*Try it*:
From the entries below, return every line that includes the word "byte".
--- Extracted records ---
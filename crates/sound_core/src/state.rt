// The core of a state, on which every decision is made: no table is in sight.
ghost use Rattle.std.specs.Prelude.{◌≡◌};
ghost use Rattle.sound_core.specs.State.{new_core};

// A number for each of the three tables.
#[derive(Clone, Copy)]
pub struct Counts {
    pub jacks: u32,
    pub streams: u32,
    pub maps: u32,
}

// What a stream was last set to. `known` is 0 where it never was: a byte and no bool, so that any
// byte of a lent store stands for one state.
#[derive(Clone, Copy, Default)]
pub struct Params {
    pub known: u8,
    pub buffer: u32,
    pub period: u32,
    pub features: u32,
    pub channels: u8,
    pub format: u8,
    pub rate: u8,
}

// The four commands to a stream.
#[derive(Clone, Copy)]
pub enum Kind {
    Prepare,
    Release,
    Start,
    Stop,
}

// What can be asked of a stream's record.
#[derive(Clone, Copy)]
pub enum Field {
    Rates,
    Formats,
    Channels,
    Features,
}

#[derive(Clone, Copy)]
pub enum Call {
    SetParams {
        stream: u32,
        to: Params,
    },
    Command {
        kind: Kind,
        stream: u32,
    },
    Remap {
        jack: u32,
        association: u32,
        sequence: u32,
    },
    Streams {
        direction: u8,
    },
    Supported {
        field: Field,
        stream: u32,
    },
    // A transfer that had to begin set-up.
    Xfer {
        stream: u32,
    },
    // A capture that had to begin set-up.
    Capture {
        stream: u32,
    },
}

// The open exchange: which answer is waited for, and the call that waits.
#[derive(Clone, Copy)]
pub enum Stage {
    Idle,
    JacksAsked(Call),
    StreamsAsked(Call),
    MapsAsked(Call),
    Sent(Call),
}

#[derive(Clone, Copy)]
pub struct Core {
    // As configured.
    pub counts: Counts,
    // Commands are held to the standard's lifecycle. Fixed when the state is made.
    pub guard: bool,
    // As read: how many records of each table count.
    pub read: Counts,
    // Set-up is done.
    pub ready: bool,
    pub stage: Stage,
}

impl Core {
    // The core before any call, with the guard or without, from the configured counts.
    pub fn new(guard: bool, jacks: u32, streams: u32, maps: u32) -> Core
        ensures { result ≡ new_core guard jacks streams maps }
    {
        Core {
            counts: Counts {
                jacks,
                streams,
                maps,
            },
            guard,
            read: Counts {
                jacks: 0,
                streams: 0,
                maps: 0,
            },
            ready: false,
            stage: Stage::Idle,
        }
    }
}
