// What a call or an answer leads to.
use crate::state::{Core, Params};
use codes::Refusal;
use records::{PcmCommand, Query, Remap, SetParameters};

// What is to be sent.
#[derive(Clone, Copy)]
pub enum Request {
    Query(Query),
    Remap(Remap),
    Command(PcmCommand),
    Set(SetParameters),
}

// What a call results in. A list of streams stands beside it, since the core sees no table. No Option:
// that nothing comes with Ok is one of four results.
#[derive(Clone, Copy)]
pub enum Value {
    Nothing,
    Number(u64),
    Range { min: u8, max: u8 },
    Streams { direction: u8 },
}

// What a call looks up in a table before it is decided: a jack's features, the field of a stream's
// record that is asked for, or where a stream is in its lifecycle; for a capture its direction too.
#[derive(Clone, Copy)]
pub enum Look {
    Nothing,
    Jack { features: u32 },
    Stream(Value),
    Life(u8),
    Directed { life: u8, direction: u8 },
}

// What a call that is not refused says: a request to send, or its result.
#[derive(Clone, Copy)]
pub enum Say {
    Send(Request),
    Done(Value),
}

// The one change to tables, parameters and lifecycles.
#[derive(Clone, Copy)]
pub enum Effect {
    Nothing,
    // So many records of the page that was judged.
    FillJacks(u32),
    FillStreams(u32),
    FillMaps(u32),
    Store { stream: u32, to: Params },
    // To where an ok command moves its stream, under the guard.
    Move { stream: u32, life: u8 },
}

#[derive(Clone, Copy)]
pub struct Plan {
    pub core: Core,
    pub say: Result<Say, Refusal>,
    pub effect: Effect,
}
---
*Your solution*:
// What a stream was last set to. `known` is 0 where it never was: a byte and no bool, so that any
// byte of a lent store stands for one state.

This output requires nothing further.